# TASK TO CARRY OUT
Take the data below and extract the lines from the one with "(rules_of O.Ordering) plan" to the one with "let world = World::opening(alloc, &plan)?;", inclusive, exactly as written.

Saved data entries:
/// The frame that the bytes spell, all of the bytes, or the first fault.
pub fn decode(alloc: Global, bytes: &[u8]) -> Result<Frame, FrameFault>
    // What is read is spelled so, within its limits.
    ensures found { IfOk result (λ frame. Spells bytes.now frame) }
    // What is spelled so is read, unless memory runs out.
    ensures only { (f : Frame) → Spells bytes.now f → Gives (λ x. x) result (Ok f) }
    // Which fault it is.
    ensures exact { Gives (λ x. x) result (reading bytes.now) }
{
    read(alloc, bytes)
}

/// The frame that begins the bytes, and how many bytes it has; bytes may follow it.
pub fn decode_front(alloc: Global, bytes: &[u8]) -> Result<(Frame, usize), FrameFault>
    ensures within { IfOk result (λ found. found.1 ≤ length bytes.now) }
    ensures spelt { IfOk result (λ found. Spells (take found.1 bytes.now) found.0) }
    ensures fault { IfErr result IsOfFront }
    ensures exact { Gives (λ found. (found.0, drop found.1 bytes.now)) result (front bytes.now) }
{
    let mut left = bytes;
    let frame = frame_at(alloc, bytes.len(), &mut left)?;
    let size = bytes.len().saturating_sub(left.len());
    Ok((frame, size))
}
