impl<O: Ordering> Journal<O> {
    ghost use Rattle.group_run.specs.Group.{Group};
    ghost use Rattle.group_run.specs.Laws.{ServesPlan};
    ghost use Rattle.group_run.specs.Run.{Events, calls_made, log_in, version_in, kind_in, crashed_in, next_frame, IsRelease};
    ghost use Rattle.group_run.specs.Settled.{IsSettled};
    ghost use Rattle.run_journal.specs.declared.faults.ReceiveFault.TheVariants.{Crashed, Nothing};
    ghost use Rattle.run_journal.specs.Journal.{plan_of, events_of, past_of};
    ghost use Rattle.run_journal.specs.Asked.{asked_in, accepted_by, version_asked};
    ghost use Rattle.run_journal.specs.Causes.{next_call, answer_next, call_event, would_be_full, open_frame, IsMade, IsSpent, CallCause, ReceiveCause, ReceiveNextCause, ReleaseCause};

    /// The journal of a plan whose kinds are served, before any event.
    pub fn begin(alloc: Global, plan: Plan) -> Result<Journal<O>, NoMemory>
        requires first_served { O.is_served plan.first ≡ true }
        requires served { ServesPlan (rules_of O.Ordering) plan }
        ensures plan { IfOk result (λ j. plan_of j ≡ plan) }
        ensures empty { IfOk result (λ j. past_of j ≡ []) }
    {
        let world = World::opening(alloc, &plan)?;
        let asked = no_lists(alloc, plan.members())?;
        let limit = plan.bound();
        Ok(Journal {
            plan,
            limit,
            events: Vec::new(alloc),
            asked,
            world,
        })
    }

    /// The plan of the run.
    pub fn plan(&self) -> &Plan
        ensures value { result.now ≡ plan_of self.now }
        ensures run { IsGroupRun (rules_of O.Ordering) (plan_of self.now) (past_of self.now) }
        ensures first_served { O.is_served (plan_of self.now).first ≡ true }
        ensures served { ServesPlan (rules_of O.Ordering) (plan_of self.now) }
    {
        &self.plan
    }

    /// How many events were made: at most the plan's bound.
    pub fn len(&self) -> u64
        ensures value { result ≡ length (past_of self.now) }
        ensures few { result ≤ bound (plan_of self.now) }
    {
        self.events.len() as u64
    }

    /// The event at this place, counted from 0.
    pub fn event(&self, i: u64) -> &Event
        requires { i < length (events_of self.now) }
        ensures { slice_get (events_of self.now) i ≡ Some result.now }
    {
        &self.events[i as usize]
    }

    /// All events, in the order in which they were made.
    pub fn events(&self) -> &[Event]
        ensures { result.now ≡ events_of self.now }
    {
        self.events.as_slice()
    }

    /// Makes the next call of a thread.
    pub fn call(&mut self, alloc: Global, thread: u8) -> Result<Answer, CallFault>
        requires { thread < length (plan_of self.old).threads }
        ensures plan { plan_of self.new ≡ plan_of self.old }
        ensures made { IfOk result (λ a. IsMade (call_event (plan_of self.old) (past_of self.old) thread (next_call (plan_of self.old) (past_of self.old) thread) a) (past_of self.old) (past_of self.new)) }
        ensures answer { IfOk result (λ a. answer_next (rules_of O.Ordering) (plan_of self.old) (past_of self.old) (next_call (plan_of self.old) (past_of self.old) thread) ≡ Some a) }
        ensures room { OnOk result (length (past_of self.old) < bound (plan_of self.old)) }
        ensures cause { IfErr result (CallCause (rules_of O.Ordering) (plan_of self.old) (past_of self.old) thread) }
        ensures err { OnErr result (past_of self.new ≡ past_of self.old) }
    {
        let Some(step) = self.next_step(thread) else {
            return Err(CallFault::PlanDone);
        };
        let at = step.at;
        if self.is_spent() {
            return Err(CallFault::Spent);
        }
        let version = self.world.member(at).version();
        make_room(&mut self.asked, at)?;
        let choice = Move::Call(thread);
        let event = advance(alloc, &self.plan, &mut self.world, &mut self.events, choice)?;
        let answer = answer_of(&event);
        note(&mut self.asked, at, version, &answer);
        Ok(answer)
    }

    /// The frame that a receipt would take: None exactly where that receipt isn't enabled.
    pub fn next_frame(&self, from: MemberId, to: MemberId) -> Option<&Frame>
        requires from_fits { from < (plan_of self.now).members }
        requires to_fits { to < (plan_of self.now).members }
        ensures value { option_copied result ≡ open_frame (rules_of O.Ordering) (plan_of self.now) (past_of self.now) from to }
        ensures fits { IfSome (option_copied result) (FrameFits (plan_of self.now).members) }
    {
        if self.crashed(to) {
            return None;
        }
        self.world.frame(from, to)
    }

    /// Makes a receipt on a link, where the frame that was got is the link's next.
    pub fn receive(
        &mut self,
        alloc: Global,
        from: MemberId,
        to: MemberId,
        got: &Frame,
    ) -> Result<(), ReceiveFault>
        requires from_fits { from < (plan_of self.old).members }
        requires to_fits { to < (plan_of self.old).members }
        ensures plan { plan_of self.new ≡ plan_of self.old }
        ensures made { OnOk result (past_of self.new ≡ Receive from to ∷ past_of self.old) }
        ensures same { OnOk result (open_frame (rules_of O.Ordering) (plan_of self.old) (past_of self.old) from to ≡ Some got.now) }
        ensures room { OnOk result (length (past_of self.old) < bound (plan_of self.old)) }
        ensures cause { IfErr result (ReceiveCause (rules_of O.Ordering) (plan_of self.old) (past_of self.old) from to got.now) }
        ensures err { OnErr result (past_of self.new ≡ past_of self.old) }
    {
        let Some(sent) = self.next_frame(from, to) else {
            return Err(self.closed(to));
        };
        compare(alloc, sent, got)?;
        if self.is_spent() {
            return Err(ReceiveFault::Spent);
        }
        let choice = Move::Receive(from, to);
        advance(alloc, &self.plan, &mut self.world, &mut self.events, choice)?;
        Ok(())
    }

    /// Receives the frame that a link has next, as it was sent; false exactly where that receipt isn't enabled.
    pub fn receive_next(
        &mut self,
        alloc: Global,
        from: MemberId,
        to: MemberId,
    ) -> Result<bool, ReleaseFault>
        requires from_fits { from < (plan_of self.old).members }
        requires to_fits { to < (plan_of self.old).members }
        ensures plan { plan_of self.new ≡ plan_of self.old }
        ensures made { IfOk result (λ b. IsTrue b → past_of self.new ≡ Receive from to ∷ past_of self.old) }
        ensures enabled { IfOk result (λ b. b ≡ is_some (open_frame (rules_of O.Ordering) (plan_of self.old) (past_of self.old) from to)) }
        ensures room { IfOk result (λ b. IsTrue b → length (past_of self.old) < bound (plan_of self.old)) }
        ensures none { IfOk result (λ b. b ≡ false → past_of self.new ≡ past_of self.old) }
        ensures cause { IfErr result (ReceiveNextCause (rules_of O.Ordering) (plan_of self.old) (past_of self.old) from to) }
        ensures err { OnErr result (past_of self.new ≡ past_of self.old) }
    {
        let Some(_sent) = self.next_frame(from, to) else {
            return Ok(false);
        };
        if self.is_spent() {
            return Err(ReleaseFault::Spent);
        }
        let choice = Move::Receive(from, to);
        advance(alloc, &self.plan, &mut self.world, &mut self.events, choice)?;
        Ok(true)
    }

    /// Releases the first held frame whose version the member has reached; false exactly where that isn't enabled.
    pub fn release(&mut self, alloc: Global, at: MemberId) -> Result<bool, ReleaseFault>
        requires { at < (plan_of self.old).members }
        ensures plan { plan_of self.new ≡ plan_of self.old }
        ensures made { IfOk result (λ b. IsTrue b → past_of self.new ≡ Release at ∷ past_of self.old) }
        ensures enabled { IfOk result (λ b. IsTrue b ↔ IsRelease (rules_of O.Ordering) (plan_of self.old) (past_of self.old) at) }
        ensures room { IfOk result (λ b. IsTrue b → length (past_of self.old) < bound (plan_of self.old)) }
        ensures none { IfOk result (λ b. b ≡ false → past_of self.new ≡ past_of self.old) }
        ensures cause { IfErr result (ReleaseCause (rules_of O.Ordering) (plan_of self.old) (past_of self.old) at) }
        ensures err { OnErr result (past_of self.new ≡ past_of self.old) }
    {
        let choice = Move::Release(at);
        if !self.world.enabled(&self.plan, &choice) {
            return Ok(false);
        }
        if self.is_spent() {
            return Err(ReleaseFault::Spent);
        }
        advance(alloc, &self.plan, &mut self.world, &mut self.events, choice)?;
        Ok(true)
    }

    /// Whether the thread has a next call, and it would be answered as full.
    pub fn would_fill(&self, thread: u8) -> bool
        requires { thread < length (plan_of self.now).threads }
        ensures { result ≡ would_be_full (answer_next (rules_of O.Ordering) (plan_of self.now) (past_of self.now) (next_call (plan_of self.now) (past_of self.now) thread)) }
    {
        match self.next_step(thread) {
            Some(step) => self.fills(step),
            None => false,
        }
    }

    /// Whether every planned call is made, and nothing can be received or released.
    pub fn settled(&self) -> bool
        ensures { IsTrue result ↔ IsSettled (rules_of O.Ordering) (plan_of self.now) (past_of self.now) }
    {
        if !self.calls_are_made() {
            return false;
        }
        if !self.links_are_empty() {
            return false;
        }
        self.none_is_ready()
    }

    /// How many calls of a thread were made.
    pub fn made(&self, thread: u8) -> u16
        requires { thread < length (plan_of self.now).threads }
        ensures { result ≡ calls_made thread (past_of self.now) }
    {
        self.world.made(thread)
    }

    /// What a member delivered.
    pub fn log(&self, m: MemberId) -> &Log
        requires { m < (plan_of self.now).members }
        ensures { result.now.entries ≡ log_in (rules_of O.Ordering) (plan_of self.now) (past_of self.now) m }
    {
        self.world.member(m).log()
    }

    /// Its version.
    pub fn version(&self, m: MemberId) -> u16
        requires { m < (plan_of self.now).members }
        ensures { result ≡ version_in (rules_of O.Ordering) (plan_of self.now) (past_of self.now) m }
    {
        self.world.member(m).version()
    }

    /// The kind of its version.
    pub fn kind(&self, m: MemberId) -> Kind
        requires { m < (plan_of self.now).members }
        ensures { result ≡ kind_in (rules_of O.Ordering) (plan_of self.now) (past_of self.now) m }
    {
        self.world.member(m).kind()
    }

    /// Whether it has crashed.
    pub fn crashed(&self, m: MemberId) -> bool
        requires { m < (plan_of self.now).members }
        ensures { result ≡ crashed_in (rules_of O.Ordering) (plan_of self.now) (past_of self.now) m }
    {
        self.world.member(m).crashed()
    }

    /// Whether a release is enabled at a member.
    pub fn ready(&self, at: MemberId) -> bool
        requires { at < (plan_of self.now).members }
        ensures { IsTrue result ↔ IsRelease (rules_of O.Ordering) (plan_of self.now) (past_of self.now) at }
    {
        self.world.enabled(&self.plan, &Move::Release(at))
    }

    /// The version in which a member's item of this number was accepted. It was accepted by condition.
    pub fn asked_in(&self, m: MemberId, number: u32) -> u16
        requires fits { m < (plan_of self.now).members }
        requires accepted { number < accepted_by (rules_of O.Ordering) (plan_of self.now) (past_of self.now) m }
        ensures { result ≡ asked_in (rules_of O.Ordering) (plan_of self.now) (past_of self.now) m number }
    {
        self.asked[m.get() as usize][number as usize]
    }

    /// The version in which a member's item of this number was accepted; None exactly where it accepted none of this number.
    pub fn version_asked(&self, m: MemberId, number: u32) -> Option<u16>
        requires { m < (plan_of self.now).members }
        ensures { result ≡ version_asked (rules_of O.Ordering) (plan_of self.now) (past_of self.now) m number }
    {
        let versions = &self.asked[m.get() as usize];
        if number as usize >= versions.len() {
            return None;
        }
        Some(versions[number as usize])
    }

    /// Whether the journal holds as many events as the plan's bound.
    fn is_spent(&self) -> bool
        ensures spent { IsTrue result → IsSpent (plan_of self.now) (past_of self.now) }
        ensures room { result ≡ false → length (past_of self.now) < bound (plan_of self.now) }
    {
        self.events.len() as u64 >= self.limit
    }

    /// The planned call that a thread has next.
    fn next_step(&self, thread: u8) -> Option<&Step>
        requires { thread < length (plan_of self.now).threads }
        ensures { option_copied result ≡ next_call (plan_of self.now) (past_of self.now) thread }
    {
        let made = self.world.made(thread);
        if made >= self.plan.steps(thread) {
            return None;
        }
        Some(self.plan.step(thread, made))
    }

    /// Whether a call would be answered as full.
    fn fills(&self, step: &Step) -> bool
        requires { step.now.at < (plan_of self.now).members }
        ensures { result ≡ would_be_full (answer_next (rules_of O.Ordering) (plan_of self.now) (past_of self.now) (Some step.now)) }
    {
        let member = self.world.member(step.at);
        match &step.call {
            Call::Send(_) => member.would_fill(),
            Call::Change(_) | Call::Suspect(_) | Call::Trust(_) | Call::Crash => false,
        }
    }

    /// Why nothing can be received at a member, on a link that has no frame for it.
    fn closed(&self, to: MemberId) -> ReceiveFault
        requires { to < (plan_of self.now).members }
        ensures crashed { crashed_in (rules_of O.Ordering) (plan_of self.now) (past_of self.now) to ≡ true → result ≡ Crashed }
        ensures nothing { crashed_in (rules_of O.Ordering) (plan_of self.now) (past_of self.now) to ≡ false → result ≡ Nothing }
    {
        if self.crashed(to) {
            ReceiveFault::Crashed
        } else {
            ReceiveFault::Nothing
        }
    }

    fn calls_are_made(&self) -> bool
        ensures { IsTrue result ↔ ((thread : ℕ) → next_call (plan_of self.now) (past_of self.now) thread ≡ None) }
    {
        for thread in 0..self.plan.threads() {
            if self.next_step(thread).is_some() {
                return false;
            }
        }
        true
    }

    /// Whether nothing can be received from a member.
    fn are_empty_from(&self, from: MemberId) -> bool
        requires { from < (plan_of self.now).members }
        ensures { IsTrue result ↔ ((to : ℕ) → to < (plan_of self.now).members → open_frame (rules_of O.Ordering) (plan_of self.now) (past_of self.now) from to ≡ None) }
    {
        for i in 0..self.plan.members() {
            if self.next_frame(from, member_at(i)).is_some() {
                return false;
            }
        }
        true
    }

    fn links_are_empty(&self) -> bool
        ensures { IsTrue result ↔ ((from to : ℕ) → from < (plan_of self.now).members → to < (plan_of self.now).members → open_frame (rules_of O.Ordering) (plan_of self.now) (past_of self.now) from to ≡ None) }
    {
        for i in 0..self.plan.members() {
            if !self.are_empty_from(member_at(i)) {
                return false;
            }
        }
        true
    }

    fn none_is_ready(&self) -> bool
        ensures { IsTrue result ↔ ((at : ℕ) → IsRelease (rules_of O.Ordering) (plan_of self.now) (past_of self.now) at → ⊥) }
    {
        for i in 0..self.plan.members() {
            if self.ready(member_at(i)) {
                return false;
            }
        }
        true
    }
}
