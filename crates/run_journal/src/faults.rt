//! Why a journal refuses an event: spent, nothing to do, another frame than was sent, a crash, or want of memory.
ghost use Rattle.std.specs.Prelude.{◌≡◌};

use upd_base::{Frame, NoMemory};

/// Why a call isn't made.
#[derive(Debug, Drop, PartialEq, Eq)]
pub enum CallFault {
    /// The thread's calls are all made.
    PlanDone,
    /// The journal holds as many events as the plan's bound.
    Spent,
    NoMemory,
}

/// Why a frame isn't received.
#[derive(Debug, Drop, PartialEq, Eq)]
pub enum ReceiveFault {
    /// The receiver has crashed.
    Crashed,
    /// The link has no frame that was not received.
    Nothing,
    /// The link's next frame is another one.
    Differs { sent: Frame, got: Frame },
    /// The journal holds as many events as the plan's bound.
    Spent,
    NoMemory,
}

/// Why a held frame isn't released.
#[derive(Debug, Drop, PartialEq, Eq)]
pub enum ReleaseFault {
    /// The journal holds as many events as the plan's bound.
    Spent,
    NoMemory,
}

impl From<NoMemory> for CallFault {
    ghost use Rattle.run_journal.specs.declared.faults.CallFault.TheVariants.{NoMemory};

    ghost from_gives = { λ _ e. e ≡ NoMemory };

    fn from(_refused: NoMemory) -> CallFault {
        CallFault::NoMemory
    }
}

impl From<NoMemory> for ReceiveFault {
    ghost use Rattle.run_journal.specs.declared.faults.ReceiveFault.TheVariants.{NoMemory};

    ghost from_gives = { λ _ e. e ≡ NoMemory };

    fn from(_refused: NoMemory) -> ReceiveFault {
        ReceiveFault::NoMemory
    }
}

impl From<NoMemory> for ReleaseFault {
    ghost use Rattle.run_journal.specs.declared.faults.ReleaseFault.TheVariants.{NoMemory};

    ghost from_gives = { λ _ e. e ≡ NoMemory };

    fn from(_refused: NoMemory) -> ReleaseFault {
        ReleaseFault::NoMemory
    }
}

# TASK OUTPUT
        requires served { ServesPlan (rules_of O.Ordering) plan }
        ensures plan { IfOk result (λ j. plan_of j ≡ plan) }
        ensures empty { IfOk result (λ j. past_of j ≡ []) }
    {
        let world = World::opening(alloc, &plan)?;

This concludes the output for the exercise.